Wolf et al. [231] guidelines are specifically oriented to design microgestures for secondary tasks, exploiting the free attentional and motor resources of the user while performing less demanding or automated primary tasks, such as driving. The provided taxonomy helps the designer to choose gesture according to ergonomics consideration, while the choice of technology for gesture recognition should be adapted to the different types of gestures, suggesting EMG for pressing gestures and accelerometers for tapping.

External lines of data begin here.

//! Loads: the run of a script that is made from a number, and what is told of it.
ghost use Rattle.std.specs.Prelude.{◌≡◌, ◌⊎◌, ◌≤◌, IfOk, length};
ghost use Rattle.std.specs.Vec.{vec_len};
ghost use Rattle.plex_load.specs.CfTypes.declared.limits.TheConstants.{LINKS};
ghost use Rattle.plex_run.specs.Wires.{wires};
ghost use Rattle.plex_run.specs.StatusLines.{memory_line};
ghost use Rattle.plex_run.specs.Written.{output, HasFailed, Writes, WritesFront, Gains};
ghost use Rattle.plex_run.specs.Outcome.{reading_of};
ghost use Rattle.plex_run.specs.Loading.{summary_of, IsLoadRun, EndsLoad};

use crate::running::run_over;
use crate::way::Way;
use crate::writing::say_no_memory;
use plex_agent::links::Link;
use plex_agent::sources::{Sink, write_all};
use plex_agent::{Finished, Gate};
use plex_load::types::NoMemory;
use plex_load::{make, summary};
use run_laws::{valid_is_fresh, within_script};
use std::alloc::Global;
use std::sync::Wait;
use std::thread::Threads;

// Runs the script that a number makes on threads over these links, and puts them back.
fn run_load<R: Threads + Wait + Sync, L: Link, G: Gate>(
    rt: &R,
    alloc: Global,
    n: u32,
    links: &mut Vec<L>,
    gate: &G,
) -> Result<Finished, NoMemory>
    requires links { vec_len links.old ≡ LINKS }
    ensures run { IfOk result (λ it. IsLoadRun (wires L.calls L.downs L.faults links.old.items
        links.new.items) n (reading_of it)) }
    ensures count { length links.new.items ≡ length links.old.items }
{
    valid_is_fresh();
    within_script();
    let script = make(alloc, n)?;
    run_over(rt, alloc, Way::OnThreads, &script, links, gate)
}

// Writes the summary of a load's run, and tells the status.
fn summed<K: Sink>(alloc: Global, n: u32, finished: &Finished, sink: &mut K) -> u8
    ensures done { result ≡ 0 → Writes (output K.held K.faults sink.old sink.new)
        (summary_of n (reading_of finished.now)) }
    ensures front { result ≡ 5 → HasFailed (output K.held K.faults sink.old sink.new)
        × WritesFront (output K.held K.faults sink.old sink.new)
        (summary_of n (reading_of finished.now)) }
    ensures no_memory { result ≡ 6 → Gains (output K.held K.faults sink.old sink.new)
        memory_line }
    ensures statuses { (result ≡ 0) ⊎ ((result ≡ 5) ⊎ (result ≡ 6)) }
    ensures faults { K.faults sink.old ≤ K.faults sink.new }
{
    let histories = finished.histories.items();
    let transcripts = finished.transcripts.items();
    let text = match summary(alloc, n, histories, transcripts) {
        Ok(text) => text,
        Err(cause) => {
            say_no_memory(cause, sink);
            return 6;
        }
    };
    match write_all(sink, &text) {
        Ok(()) => 0,
        Err(_) => 5,
    }
}

/// Runs the load of `n`: the script that `n` makes (`plex_load::make`) is run on threads over these
/// links, which are put back, and its summary (`plex_load::summary`) is written. Tells the status:
/// 0, 5 or 6.
#[tactic(auto, using(crate::proofs::LoadRunLaws::load_without_memory, crate::proofs::LoadRunLaws::load_ends))]
pub(crate) fn loaded<R: Threads + Wait + Sync, K: Sink, L: Link, G: Gate>(
    rt: &R,
    alloc: Global,
    n: u32,
    sink: &mut K,
    links: &mut Vec<L>,
    gate: &G,
) -> u8
    requires links { vec_len links.old ≡ LINKS }
    ensures ends { EndsLoad (wires L.calls L.downs L.faults links.old.items links.new.items) n
        (output K.held K.faults sink.old sink.new) result }
    ensures write_fault { result ≡ 5 → HasFailed (output K.held K.faults sink.old sink.new) }
    ensures no_memory { result ≡ 6 → Gains (output K.held K.faults sink.old sink.new)
        memory_line }
    ensures statuses { (result ≡ 0) ⊎ ((result ≡ 5) ⊎ (result ≡ 6)) }
    ensures faults { K.faults sink.old ≤ K.faults sink.new }
    ensures count { length links.new.items ≡ length links.old.items }
{
    let finished = match run_load(rt, alloc, n, links, gate) {
        Ok(finished) => finished,
        Err(cause) => {
            say_no_memory(cause, sink);
            return 6;
        }
    };
    summed(alloc, n, &finished, sink)
}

Valdes et al. [209] discussed some implications for the design of gesture interaction with active tokens obtained from the gesture elicitation study. They suggested exploiting interaction beyond the surface on which tokens are placed (often a multitouch interactive table for data visualization), as well as providing continuous feedback for some of the interactions with the data through active tokens. In
relation to tangible gesture design, they suggested reusing gestures across multiple commands to facilitate learnability and memorability of gestures. Moreover, they suggested designing custom active tokens to provide physical affordances, metaphors and constraints to the users. In a later work, Okerlund et al. [152] attached physical objects to the active tokens and discovered that although users had more difficulty to figure out the interaction compared to intangible representations in the token, they engaged longer in the interaction, with a better understanding of the task (biological experiments in a museum exhibition).
2.4.3 Building Frameworks
Building frameworks for tangible gesture interaction are specific for the different types of gestures.
Wimmer’s GRASP framework [228] provides directives for building grasp sensing systems. Three steps are required: capture, identification and interpretation. Different techniques allow capturing grasps. The user hand can be tracked with computer vision techniques to estimate the 3D joints of the hand, although often it is difficult to assess whether there is contact between the hand and the object.
Data gloves with pressure sensors on the fingertips allow estimating also force contacts with the objects, but reduce the sensitivity of user’s tactile perception. RFID readers attached to the user’s wrist allow to detect when the user hold an object in the hand but do not allow determining the particular grasp. In alternative, the surface of the object could be instrumented with capacitive sensors or pressure sensors. In both latter cases, the capture step has the purpose to obtain the grasp signature, i.e., the digital representation of contact points between the hand and the object or the digit positions. The computer should classify the signature using either heuristics or machine learning. Finally, once grasps are identified, they should be interpreted by the system to produce some output.
Ferscha et al. [64] proposed a framework to recognize orientation gestures with artifacts.
Exploiting an accelerometer that can be attached to the user’s hand or to an artifact, the authors proposed a gesture library to recognize three types of gestures (32 gestures in total): orientation gestures of the user’s hand, orientation gestures of a small artifact that can be held in the hand, orientation gestures with larger artifacts, which are manipulated occasionally by the users.
Klompmaker et al. [118] proposed dSensingNI, a framework for detecting interactions with object based on depth sensing (Kinect). The framework is able to detect finger touches on arbitrary surfaces (including objects); finger, hand and arm gestures; arbitrary physical objects; object-object interactions (such as grouping and stacking) and hand-object interactions (such as moving, grasping and releasing). Moreover, the framework is robust to occlusion caused by hands over the objects.